I wonder if its reversable? where do the zeroes go? can they be unzeroed? we should try to find them.
Re:They store 4.5PB in Egypt! (Score:4, Funny)
Egypt could be a good choice. The area is fairly famous for reliable persistent storage. From papyrus scrolls to stone engravings, things tend to keep there better than most places. There really aren't many other geographical areas on earth that can claim the same kind of data retention rates over the time periods they've dealt with. Though despite their impeccable track record with avoiding hardware failures, they've done significantly worse when it comes to data loss due to theft and/or hackers/pirates.

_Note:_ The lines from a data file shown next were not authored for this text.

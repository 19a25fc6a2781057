ghost use Rattle.std.specs.Prelude.{◌≡◌, ◌+◌, ◌^◌, ◌≤◌};
ghost use Rattle.flow_spec.specs.Instruction.{IsText, parts_at};
ghost use Rattle.flow_spec.specs.Next.{next_at};
ghost use Rattle.flow_spec.specs.Acceptance.{is_good_entry};

use elf_image::Image;
use flow_graph::{is_target, next_of, parts};
use flow_spec::{FlowFault, Frame, Isa, Next};
use std::marker::Model;

/// The program that is expanded: its image, the instructions that this is read as, the bytes of a cache line, and its
/// entry.
#[derive(Drop)]
pub(crate) struct Program<'a> {
    pub(crate) image: &'a Image,
    pub(crate) isa: Isa,
    pub(crate) line: u32,
    pub(crate) entry: u32,
}

impl<'a> Model for Program<'a> {
    ghost use Rattle.std.specs.Prelude.{◌<◌};
    ghost use Rattle.flow_spec.specs.Program.{Program, program};

    ghost Value = { Program };

    ghost view = { λ p. program p.image.now p.isa p.line p.entry };

    ghost invariant = { λ p. 0 < p.line };
}

impl Program<'_> {
    pub(crate) fn entry(&self) -> u32
        ensures { result ≡ self.now.entry }
    {
        self.entry
    }

    /// Whether the program may begin at its entry.
    pub(crate) fn has_good_entry(&self) -> bool
        ensures { result ≡ is_good_entry self.now }
    {
        is_target(self.image, self.isa, self.entry)
    }

    /// In how many parts the instruction at an address of the text is fetched.
    pub(crate) fn parts(&self, at: u32) -> u32
        requires { IsText self.now.isa self.now.image at }
        ensures parts { result ≡ parts_at self.now.isa self.now.image self.now.line at }
        ensures end { result ≡ 2 → at + 4 ≤ 2 ^ 32 }
    {
        parts(self.image, self.isa, self.line, at)
    }

    /// Where control goes from an address of the text, with this newest open call.
    pub(crate) fn next_of(&self, at: u32, top: Option<Frame>) -> Result<Next, FlowFault>
        requires { IsText self.now.isa self.now.image at }
        ensures { result ≡ next_at self.now.isa self.now.image at top }
    {
        next_of(self.image, self.isa, at, top)
    }
}
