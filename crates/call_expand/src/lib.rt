//! The graph of every accepted program, with calls expanded.
//!
//! Stands on `flow_graph`, `frame_stacks` and `path_model`. `expand` gives all configurations of an accepted program,
//! numbered by layer, address, frames and part, and the graph of their numbers, or the one fault of a refused program,
//! as `flow_spec` defines both. The layer above gets each node's configuration, and `path_laws`: the paths of the graph
//! are the paths of the configurations, member by member and with the same choices.
#![tactic(auto)]

mod expanded;
mod follow;
mod known;
mod laws;
mod point;
mod program;
mod search;

pub use elf_image::Image;
pub use expanded::{Config, Expanded};
pub use flow_spec::{FlowFault, Frame, Isa, Link};
pub use frame_stacks::StackCell;
pub use laws::path_laws;
pub use path_model::{Graph, Node};
pub use search::expand;

#[cfg(test)]
mod tests;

The one curious part about that choice is that the library at Alexandria is the one notable case where mass amounts of data were irreparably lost. So it's odd that they'd choose to entrust their data to that specific institution. Perhaps they felt that since it's under new management, the previous problems will have been resolved.
However, had the choice been mine, I would have chosen to store my offsite data in Luxor. It's data retention was quite good, and included one data store that was preserved in its entirety for over 3000 years. As an added benefit, it seems that they've opened a second location [luxor.com] that's significantly more convenient for the IA since there's no overseas transmission to worry about.

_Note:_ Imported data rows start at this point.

ghost use Rattle.std.specs.Prelude.{◌≡◌, true, ◌⊎◌, ◌+◌, ◌*◌, ◌^◌, ◌<◌, ◌≤◌, List, ◌++◌, length, drop, flat_map, IsFalse, Err, IfOk, IfErr, OnOk};
ghost use Rattle.std.specs.Option.{option_to_list};
ghost use Rattle.std.specs.List.{AllByRecursion};
ghost use Rattle.std.specs.List.Sorted.{IsPermutation, IsSorted};
ghost use Rattle.transition_spec.specs.Layer.{all_of};
ghost use Rattle.flow_spec.specs.Configuration.{Configuration};
ghost use Rattle.flow_spec.specs.Instruction.{IsText};
ghost use Rattle.flow_spec.specs.Program.{program};
ghost use Rattle.flow_spec.specs.Successors.{successors};
ghost use Rattle.flow_spec.specs.Transfer.{is_good_target};
ghost use Rattle.flow_spec.specs.Acceptance.{IsAccepted, IsRefused, is_good_entry};
ghost use Rattle.frame_stacks.specs.Stacks.{AreCells, frames_of};
ghost use Rattle.call_expand.specs.Expansion.{IsGraphOf};
ghost use Rattle.call_expand.specs.Point.{fetched_by, point_cmp, points_of};
ghost use Rattle.call_expand.specs.Numbers.{AreNodesFor, IsNodeFor, HasNumber, AreAmong, AreNumbered};
ghost use Rattle.call_expand.specs.Search.{IsSearchAt};

use crate::Expanded;
use crate::follow::follow_from;
use crate::known::Known;
use crate::point::{Edges, Point};
use crate::program::Program;
use elf_image::Image;
use flow_spec::{FlowFault, Isa};
use frame_stacks::Stacks;
use path_model::{Graph, Node};
use std::alloc::{AllocError, Global};
use std::cmp::Ordering;

// As many configurations as an accepted program can have.
const LIMIT: u32 = 65_536;

// The configurations so far, and the edges of those that were followed.
#[derive(Drop)]
struct Search {
    stacks: Stacks,
    known: Known,
    edges: Vec<Edges>,
}

/// All configurations of the program that begins at the entry, and their graph. Its instructions are those of `isa`,
/// and are fetched from cache lines of `line` bytes.
///
/// The configurations are numbered by layer, then address, then frames, then part. The errors are those of a refused
/// program: first `BadEntry`; then, layer by layer, the fault of the first faulty configuration of the layer, else
/// `TooManyFetches` where this layer, those before it and the next have more than 65,536 configurations together.
/// Besides these, `OutOfMemory`.
pub fn expand(
    alloc: Global,
    image: &Image,
    entry: u32,
    isa: Isa,
    line: u32,
) -> Result<Expanded, FlowFault>
    requires { 0 < line }
    ensures accepted { IfOk result (λ expanded. (layers : List (List Configuration))
        × IsAccepted (successors (program image.now isa line entry)) (program image.now isa line entry) layers
        × (expanded.configurations ≡ all_of layers)) }
    ensures graph { IfOk result (λ expanded.
        IsGraphOf (successors (program image.now isa line entry)) entry expanded.configurations expanded.nodes) }
    ensures text { IfOk result (λ expanded. AllByRecursion (λ c. IsText isa image.now c.at) expanded.configurations) }
    ensures bad_entry { IsFalse (is_good_target isa image.now entry) → result ≡ Err (FlowFault.BadEntry entry) }
    ensures refused { IfErr result (λ fault. (fault ≡ FlowFault.OutOfMemory)
        ⊎ IsRefused (successors (program image.now isa line entry)) (program image.now isa line entry) fault) }
{
    let program = Program {
        image,
        isa,
        line,
        entry,
    };
    if !program.has_good_entry() {
        return Err(FlowFault::BadEntry { entry });
    }
    let mut search = begin(alloc, &program)?;
    let mut start = 0;
    while start < search.known.points().len() {
        let end = search.known.points().len();
        next_layer(alloc, &program, &mut search, start)?;
        start = end;
    }
    Ok(finish(alloc, &program, search)?)
}

fn begin(alloc: Global, program: &Program) -> Result<Search, AllocError>
    requires { is_good_entry program.now ≡ true }
    ensures { IfOk result (λ search. IsSearchAt program.now search 0) }
{
    let mut known = Known::empty(alloc);
    known.add(Point {
        at: program.entry(),
        part: 0,
        stack: 0,
    })?;
    Ok(Search {
        stacks: Stacks::empty(alloc),
        known,
        edges: Vec::new(alloc),
    })
}

// Follows the layer that begins with the number `start`, and numbers the next one.
fn next_layer(
    alloc: Global,
    program: &Program,
    search: &mut Search,
    start: usize,
) -> Result<(), FlowFault>
    requires at { IsSearchAt program.now search.old start }
    requires some { start < length search.old.known }
    ensures at { OnOk result (IsSearchAt program.now search.new (length search.old.known)) }
    ensures refused { IfErr result (λ fault. (fault ≡ FlowFault.OutOfMemory)
        ⊎ IsRefused (successors program.now) program.now fault) }
{
    let Search {
        stacks,
        known,
        edges,
    } = search;
    follow_from(program, stacks, known.points(), start, edges)?;
    number_from(alloc, stacks, edges, start, known)?;
    if known.points().len() > LIMIT as usize {
        return Err(FlowFault::TooManyFetches { limit: LIMIT });
    }
    Ok(())
}

// Numbers the new points that the edges from index `start` on lead to.
fn number_from(
    alloc: Global,
    stacks: &Stacks,
    edges: &[Edges],
    start: usize,
    known: &mut Known,
) -> Result<(), AllocError>
    requires within { start ≤ length edges.now }
    requires room { length known.old + 2 * length edges.now < 2 ^ 32 }
    ensures numbered { OnOk result (AreNumbered stacks.now (drop start edges.now) known.old known.new) }
    ensures cells { OnOk result (AreCells stacks.now) }
{
    let mut found = found_from(alloc, edges, start)?;
    sort(stacks, &mut found);
    known.add_new(&found)
}

// The points that the edges from index `start` on lead to.
fn found_from(alloc: Global, edges: &[Edges], start: usize) -> Result<Vec<Point>, AllocError>
    requires { start ≤ length edges.now }
    ensures { IfOk result (λ found. found.items ≡ flat_map points_of (drop start edges.now)) }
{
    found_by(alloc, &edges[start..])
}

fn found_by(alloc: Global, edges: &[Edges]) -> Result<Vec<Point>, AllocError>
    ensures { IfOk result (λ found. found.items ≡ flat_map points_of edges.now) }
{
    let mut found = Vec::new(alloc);
    for edge in edges {
        push_some(&mut found, edge.first)?;
        push_some(&mut found, edge.second)?;
    }
    Ok(found)
}

fn push_some(found: &mut Vec<Point>, point: Option<Point>) -> Result<(), AllocError>
    ensures { OnOk result (found.new.items ≡ found.old.items ++ option_to_list point) }
{
    match point {
        Some(point) => Ok(found.push(point)?),
        None => Ok(()),
    }
}

// By address, then by frames, then by part.
fn sort(stacks: &Stacks, found: &mut Vec<Point>)
    ensures same { IsPermutation found.old.items found.new.items }
    ensures sorted { IsSorted (point_cmp stacks.now) found.new.items }
    ensures cells { AreCells stacks.now }
{
    // What the cells keep is what makes the order tell any two points apart.
    let _cells = stacks.cells();
    found.sort_unstable_by(|a, b| compare(stacks, *a, *b));
}

fn compare(stacks: &Stacks, a: Point, b: Point) -> Ordering
    ensures { result ≡ point_cmp stacks.now a b }
{
    let by_place = match a.at.cmp(&b.at) {
        Ordering::Equal => stacks.compare(stack_of(stacks, a), stack_of(stacks, b)),
        other => other,
    };
    by_place.then(a.part.cmp(&b.part))
}

// The point's stack, or the one without frames where there is no such stack.
fn stack_of(stacks: &Stacks, point: Point) -> u32
    ensures known { result ≤ length stacks.now }
    ensures frames { frames_of stacks.now result ≡ frames_of stacks.now point.stack }
{
    if point.stack as usize <= stacks.cells().len() {
        point.stack
    } else {
        0
    }
}

fn finish(alloc: Global, program: &Program, search: Search) -> Result<Expanded, AllocError>
    requires { IsSearchAt program.now search (length search.known) }
    ensures accepted { IfOk result (λ expanded. (layers : List (List Configuration))
        × IsAccepted (successors program.now) program.now layers
        × (expanded.configurations ≡ all_of layers)) }
    ensures graph { IfOk result (λ expanded.
        IsGraphOf (successors program.now) program.now.entry expanded.configurations expanded.nodes) }
    ensures text { IfOk result (λ expanded.
        AllByRecursion (λ c. IsText program.now.isa program.now.image c.at) expanded.configurations) }
{
    let Search {
        stacks,
        known,
        edges,
    } = search;
    let nodes = nodes_of(alloc, &known, &edges)?;
    let points = known.into_points();
    let graph = Graph::new(nodes).unwrap();
    Ok(Expanded::new(graph, points, stacks))
}

fn nodes_of(alloc: Global, known: &Known, edges: &[Edges]) -> Result<Vec<Node>, AllocError>
    requires each { length edges.now ≡ length known.now }
    requires among { AreAmong known.now (flat_map points_of edges.now) }
    requires fit { AllByRecursion (λ point. fetched_by point < 2 ^ 32) known.now }
    ensures { IfOk result (λ nodes. AreNodesFor known.now known.now edges.now nodes.items) }
{
    let points = known.points();
    let mut nodes = Vec::with_capacity(alloc, edges.len())?;
    for index in 0..edges.len() {
        nodes.push(node_of(known, points[index], edges[index]))?;
    }
    Ok(nodes)
}

fn node_of(known: &Known, point: Point, edges: Edges) -> Node
    requires among { AreAmong known.now (points_of edges) }
    requires fits { fetched_by point < 2 ^ 32 }
    ensures { IsNodeFor known.now point edges result }
{
    Node {
        at: point.at + 2 * u32::from(point.part),
        first: number_of(known, edges.first),
        second: number_of(known, edges.second),
    }
}

fn number_of(known: &Known, point: Option<Point>) -> Option<u32>
    requires among { AreAmong known.now (option_to_list point) }
    ensures { HasNumber known.now point result }
{
    known.number_of(point?)
}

Re:Slight problem? (Score:3, Funny)
take THAT, Ted Stevens!
The off-site backup IS the Internet. (Score:5, Funny)
They're keeping the offsite backup distributed around the Internet, using the World-Wide Web to store it in real time.

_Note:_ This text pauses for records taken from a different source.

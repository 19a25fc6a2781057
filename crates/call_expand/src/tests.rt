ghost use Rattle.std.specs.Prelude.{◌<◌, ◌≤◌, length};

use crate::{Expanded, FlowFault, Frame, Image, Isa, Link, StackCell, expand, path_laws};
use std::alloc::{AllocError, Global};
use std::process::Abort;
use std::test::Fail;

const STOP: u32 = 0x00100073;

const PLAIN: u32 = 0x00000013;

const RETURN: u32 = 0x00008067;

// An executable of this text at 0x10000, where it begins.
fn wrap(alloc: Global, text: &[u8]) -> Result<Vec<u8>, AllocError>
    requires { length text.now ≤ 262144 }
{
    let mut file = [
        0x7f, 0x45, 0x4c, 0x46, 1, 1, 1, 0, 0, 0, 0, 0, 0, 0, 0, 0, 2, 0, 0xf3, 0, 1, 0, 0, 0, 0,
        0, 1, 0, 0x34, 0, 0, 0, 0, 0, 0, 0, 0, 0, 0, 0, 0x34, 0, 0x20, 0, 1, 0, 0, 0, 0, 0, 0, 0,
        1, 0, 0, 0, 0x54, 0, 0, 0, 0, 0, 1, 0, 0, 0, 1, 0,
    ]
    .to_vec(alloc)?;
    let size = (text.len() as u32).to_le_bytes();
    file.extend_from_slice(&size)?;
    file.extend_from_slice(&size)?;
    file.extend_from_slice(&[5, 0, 0, 0, 4, 0, 0, 0])?;
    file.extend_from_slice(text)?;
    Ok(file)
}

fn image_with(rt: &(impl Abort + AllocGlobal), text: &[u8]) -> Result<Image, Fail> {
    assert!(rt; text.len() <= 262_144);
    let file = wrap(rt.alloc(), text)?;
    assert!(rt; file.len() <= 16_777_216);
    Ok(elf_image::read(rt.alloc(), file)?)
}

fn image_of(rt: &(impl Abort + AllocGlobal), words: &[u32]) -> Result<Image, Fail> {
    let mut text = Vec::new(rt.alloc());
    for word in words {
        text.extend_from_slice(&word.to_le_bytes())?;
    }
    image_with(rt, &text)
}

fn expanded(
    rt: &(impl Abort + AllocGlobal),
    words: &[u32],
) -> Result<Result<Expanded, FlowFault>, Fail> {
    let image = image_of(rt, words)?;
    Ok(expand(rt.alloc(), &image, image.entry(), Isa::Rv32i, 32))
}

#[test]
fn a_refused_program_has_its_one_fault(rt: HostRuntime) -> Result<(), Fail> {
    let at = 0x10000;
    for (words, fault) in [
        ([0x000000ef].as_slice(), FlowFault::Recursion { at }),
        (
            [0x008000ef, STOP, 0x008000ef, RETURN, 0xff9ff0ef].as_slice(),
            FlowFault::Recursion { at: 0x10010 },
        ),
        ([0x00050067].as_slice(), FlowFault::ComputedJump { at }),
        (
            [0xffffffff].as_slice(),
            FlowFault::Illegal {
                at,
                word: 0xffffffff,
            },
        ),
        (
            [PLAIN].as_slice(),
            FlowFault::BadTarget {
                at,
                target: 0x10004,
            },
        ),
        (
            [0x00000463, 0x00000097, 0x00c080e7].as_slice(),
            FlowFault::BadTarget {
                at,
                target: 0x10008,
            },
        ),
        (
            [0x008002ef, STOP, RETURN].as_slice(),
            FlowFault::ComputedJump { at: 0x10008 },
        ),
    ] {
        assert!(rt; expanded(&rt, words)?.err() == Some(fault), "{words:?}");
    }
    Ok(())
}

#[test]
fn an_entry_outside_the_text_is_bad(rt: HostRuntime) -> Result<(), Fail> {
    let image = image_of(&rt, &[PLAIN, STOP])?;
    let entry = 0x10008;
    assert!(rt;
        expand(rt.alloc(), &image, entry, Isa::Rv32i, 32).err()
            == Some(FlowFault::BadEntry { entry })
    );
    Ok(())
}

// Address, depth and return address of a node, and its successors.
type Row = (u32, u32, Option<u32>, Option<u32>, Option<u32>);

fn row(expanded: &Expanded, number: u32) -> Row
    requires { number < length expanded.now.nodes }
{
    let node = expanded.graph().nodes()[number as usize];
    let config = expanded.config(number);
    let back = expanded.top(number).map(|frame| frame.back);
    (config.at, config.depth, back, node.first, node.second)
}

fn rows(alloc: Global, expanded: &Expanded) -> Result<Vec<Row>, AllocError> {
    let mut rows = Vec::new(alloc);
    for number in 0..expanded.graph().nodes().len() as u32 {
        rows.push(row(expanded, number))?;
    }
    Ok(rows)
}

#[test]
fn an_accepted_program_has_its_graph(rt: HostRuntime) -> Result<(), Fail> {
    for (words, expected) in [
        (
            [0x00c000ef, 0x008000ef, STOP, RETURN].as_slice(),
            [
                (0x10000, 0, None, Some(1), None),
                (0x1000c, 1, Some(0x10004), Some(2), None),
                (0x10004, 0, None, Some(3), None),
                (0x1000c, 1, Some(0x10008), Some(4), None),
                (0x10008, 0, None, None, None),
            ]
            .as_slice(),
        ),
        (
            [PLAIN, 0xfe051ee3, STOP].as_slice(),
            [
                (0x10000, 0, None, Some(1), None),
                (0x10004, 0, None, Some(2), Some(0)),
                (0x10008, 0, None, None, None),
            ]
            .as_slice(),
        ),
        (
            [0x00000097, 0x00c080e7, STOP, RETURN].as_slice(),
            [
                (0x10000, 0, None, Some(1), None),
                (0x10004, 0, None, Some(2), None),
                (0x1000c, 1, Some(0x10008), Some(3), None),
                (0x10008, 0, None, None, None),
            ]
            .as_slice(),
        ),
        (
            [0x008002ef, STOP, 0x00028067].as_slice(),
            [
                (0x10000, 0, None, Some(1), None),
                (0x10008, 1, Some(0x10004), Some(2), None),
                (0x10004, 0, None, None, None),
            ]
            .as_slice(),
        ),
        (
            [0x0000006f].as_slice(),
            [(0x10000, 0, None, Some(0), None)].as_slice(),
        ),
        // A call in the last word that never returns.
        (
            [0x0080006f, STOP, 0xffdff0ef].as_slice(),
            [
                (0x10000, 0, None, Some(1), None),
                (0x10008, 0, None, Some(2), None),
                (0x10004, 1, Some(0x1000c), None, None),
            ]
            .as_slice(),
        ),
        // Two ways to one function: the oldest frame decides which configuration comes first.
        (
            [
                0x00000463, 0x014000ef, 0x008000ef, STOP, 0x010000ef, RETURN, 0x008000ef, RETURN,
                RETURN,
            ]
            .as_slice(),
            [
                (0x10000, 0, None, Some(1), Some(2)),
                (0x10004, 0, None, Some(4), None),
                (0x10008, 0, None, Some(3), None),
                (0x10010, 1, Some(0x1000c), Some(6), None),
                (0x10018, 1, Some(0x10008), Some(5), None),
                (0x10020, 2, Some(0x1001c), Some(8), None),
                (0x10020, 2, Some(0x10014), Some(7), None),
                (0x10014, 1, Some(0x1000c), Some(9), None),
                (0x1001c, 1, Some(0x10008), Some(2), None),
                (0x1000c, 0, None, None, None),
            ]
            .as_slice(),
        ),
    ] {
        let graph = expanded(&rt, words)??;
        assert!(rt;
            rows(rt.alloc(), &graph)?.as_slice() == expected,
            "{words:?}"
        );
    }
    Ok(())
}

#[test]
fn equal_lists_of_open_calls_have_one_stack(rt: HostRuntime) -> Result<(), Fail> {
    let graph = expanded(&rt, &[0x00c000ef, 0x008000ef, STOP, RETURN])??;
    path_laws();
    let frame = Frame {
        back: 0x10004,
        link: Link::X1,
        callee: 0x1000c,
    };
    let second = Frame {
        back: 0x10008,
        ..frame
    };
    let cells = [
        StackCell { below: 0, frame },
        StackCell {
            below: 0,
            frame: second,
        },
    ];
    assert_eq!(rt; graph.cells(), cells.as_slice());
    for (number, stack) in [(0, 0), (1, 1), (2, 0), (3, 2), (4, 0)] {
        assert!(rt; graph.graph().nodes().len() == 5);
        assert_eq!(rt; graph.config(number).stack, stack);
    }
    Ok(())
}

// The two ways meet again after the branch, where jumps lead to and fro.
#[test]
fn branches_and_jumps_are_numbered_by_layer_and_address(rt: HostRuntime) -> Result<(), Fail> {
    let mut words = vec![in rt.alloc(); PLAIN; 66]?;
    for (index, word) in [
        (0, 0x0080006f),
        (1, STOP),
        (2, 0x06050c63),
        (3, 0x0f40006f),
        (4, 0x0740006f),
        (32, 0xf91ff06f),
        (33, 0x0800006f),
        (64, 0xf11ff06f),
        (65, 0xf01ff06f),
    ] {
        if let Some(slot) = words.get_mut(index) {
            *slot = word;
        }
    }
    let graph = expanded(&rt, &words)??;
    let expected = [
        (0x10000, 0, None, Some(1), None),
        (0x10008, 0, None, Some(2), Some(3)),
        (0x1000c, 0, None, Some(5), None),
        (0x10080, 0, None, Some(4), None),
        (0x10010, 0, None, Some(6), None),
        (0x10100, 0, None, Some(4), None),
        (0x10084, 0, None, Some(7), None),
        (0x10104, 0, None, Some(8), None),
        (0x10004, 0, None, None, None),
    ];
    assert!(rt; rows(rt.alloc(), &graph)?.as_slice() == expected.as_slice());
    Ok(())
}

// So many functions, each of which calls the next one twice.
fn calls(alloc: Global, functions: usize) -> Result<Vec<u32>, AllocError> {
    let mut words = [0x008000ef, STOP].to_vec(alloc)?;
    for _ in 0..functions {
        words.extend_from_slice(&[0x00c000ef, 0x008000ef, RETURN])?;
    }
    words.push(RETURN)?;
    Ok(words)
}

fn expanded_parcels(
    rt: &(impl Abort + AllocGlobal),
    parcels: &[u16],
    line: u32,
) -> Result<Result<Expanded, FlowFault>, Fail>
    requires { 0 < line }
{
    let mut text = Vec::new(rt.alloc());
    for parcel in parcels {
        text.extend_from_slice(&parcel.to_le_bytes())?;
    }
    let image = image_with(rt, &text)?;
    Ok(expand(rt.alloc(), &image, image.entry(), Isa::Rv32ic, line))
}

// What a node fetches: the address, its instruction's address and the part of that, and its successors.
type Fetch = (u32, u32, u8, Option<u32>, Option<u32>);

fn fetches(alloc: Global, expanded: &Expanded) -> Result<Vec<Fetch>, AllocError> {
    let mut fetches = Vec::new(alloc);
    for number in 0..expanded.graph().nodes().len() as u32 {
        let node = expanded.graph().nodes()[number as usize];
        let config = expanded.config(number);
        fetches.push((node.at, config.at, config.part, node.first, node.second))?;
    }
    Ok(fetches)
}

#[test]
fn an_instruction_across_two_lines_is_fetched_in_two_parts(rt: HostRuntime) -> Result<(), Fail> {
    // C.NOP, an ADDI of four bytes, and C.EBREAK or a C.J to the ADDI.
    let ends = [0x0001, 0x0013, 0x0000, 0x9002].as_slice();
    let loops = [0x0001, 0x0013, 0x0000, 0xbff5].as_slice();
    for (parcels, line, expected) in [
        (
            ends,
            4,
            [
                (0x10000, 0x10000, 0, Some(1), None),
                (0x10002, 0x10002, 0, Some(2), None),
                (0x10004, 0x10002, 1, Some(3), None),
                (0x10006, 0x10006, 0, None, None),
            ]
            .as_slice(),
        ),
        (
            ends,
            16,
            [
                (0x10000, 0x10000, 0, Some(1), None),
                (0x10002, 0x10002, 0, Some(2), None),
                (0x10006, 0x10006, 0, None, None),
            ]
            .as_slice(),
        ),
        (
            loops,
            4,
            [
                (0x10000, 0x10000, 0, Some(1), None),
                (0x10002, 0x10002, 0, Some(2), None),
                (0x10004, 0x10002, 1, Some(3), None),
                (0x10006, 0x10006, 0, Some(1), None),
            ]
            .as_slice(),
        ),
    ] {
        let graph = expanded_parcels(&rt, parcels, line)??;
        assert!(rt;
            fetches(rt.alloc(), &graph)?.as_slice() == expected,
            "{parcels:?} {line}"
        );
    }
    Ok(())
}

#[test]
fn a_parcel_that_is_no_instruction_is_named(rt: HostRuntime) -> Result<(), Fail> {
    let at = 0x10000;
    for (parcels, word) in [
        ([0x0000, 0x0000].as_slice(), 0x0000),
        ([0x001f, 0x0000].as_slice(), 0x001f),
    ] {
        assert!(rt;
            expanded_parcels(&rt, parcels, 32)?.err() == Some(FlowFault::Illegal { at, word }),
            "{parcels:?}"
        );
    }
    Ok(())
}

#[test]
fn calls_are_expanded_up_to_the_limit(rt: HostRuntime) -> Result<(), Fail> {
    let graph = expanded(&rt, &calls(rt.alloc(), 14)?)??;
    assert_eq!(rt; graph.graph().nodes().len(), 65_535);
    assert!(rt;
        expanded(&rt, &calls(rt.alloc(), 15)?)?.err()
            == Some(FlowFault::TooManyFetches { limit: 65_536 })
    );
    Ok(())
}

// A branch to two calls of one function of `plain` other words, linked by x5 and by x1, which returns by x1.
fn two_calls(alloc: Global, plain: usize) -> Result<Vec<u32>, AllocError> {
    let mut words = [PLAIN, 0x00000463, 0x00c002ef, 0x008000ef, STOP].to_vec(alloc)?;
    for _ in 0..plain {
        words.push(PLAIN)?;
    }
    words.push(RETURN)?;
    Ok(words)
}

#[test]
fn a_fault_counts_where_its_layer_comes_no_later_than_the_limit(
    rt: HostRuntime,
) -> Result<(), Fail> {
    assert!(rt;
        expanded(&rt, &two_calls(rt.alloc(), 32_765)?)?.err()
            == Some(FlowFault::ComputedJump {
                at: 0x10014 + 4 * 32_765,
            })
    );
    assert!(rt;
        expanded(&rt, &two_calls(rt.alloc(), 32_766)?)?.err()
            == Some(FlowFault::TooManyFetches { limit: 65_536 })
    );
    Ok(())
}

Part of it may even be on *your* machine! We've really got to stop Brewster from leaching all your storage and make him store his backup himself - this business of using the originals to back up the backup just isn't sustainable!
Re:Where do they store 4.5TB off site (Score:5, Funny)
Can you say, Parallelism?
Parallelogram.... crap
Parallellellell... dammit
Parapalouza... >
Why did you have to point that out to everyone? :(
Re:Where do they store 4.5TB off site (Score:3, Funny)
It's simple, the backups are compressed -- they simply remove all those useless zeroes from the binary data.
Compressed with XML! Because XML makes everything better... right?
Right?
Re:Story is meaningless without LOC measurement (Score:4, Funny)
Re:Where do they store 4.5TB off site (Score:5, Funny)
I'd suggest also using stone slabs. Water can do serious damage to paper, and don't get me started on fire hazards. Good old Stone Slabs resist both of those really well. I'm not sure what the write speed is, however, so you'll probably need to hire many stonecutters to work in parallel.
A math problem. My favorite. I don't know much about stone cutters but lets assume they can write one bit every 2 seconds. Thats 1 byte in 16 seconds. The internet archive is (4.5 x 1,125,899,906,842,624) 5,066,549,580,791,808 (5 quadrillion) bytes. That works out to 81,064,793,292,668,928 (81 quadrillion) seconds or about 2,570,547,732 (2.5 billion) years. That is far to long for their stringent 2 month backup cycle. They would need 15,423,286,395 (15.4 billion) stone cutters to keep schedule assuming they had unlimited stone. Last time I checked there were only between 6 and 7 billion people with only a small fraction of them being stone cutters. That leaves but one solution. Force the web developers to become stone cutters. This would not only increase the work force but also reduce the amount needed to backup because fewer people will be making more web pages to backup.
Re:Story is meaningless without LOC measurement (Score:1, Funny)
Re:Where do they store 4.5TB off site (Score:3, Funny)
"XML is like violence. If it doesn't solve your problem, you're not using enough of it."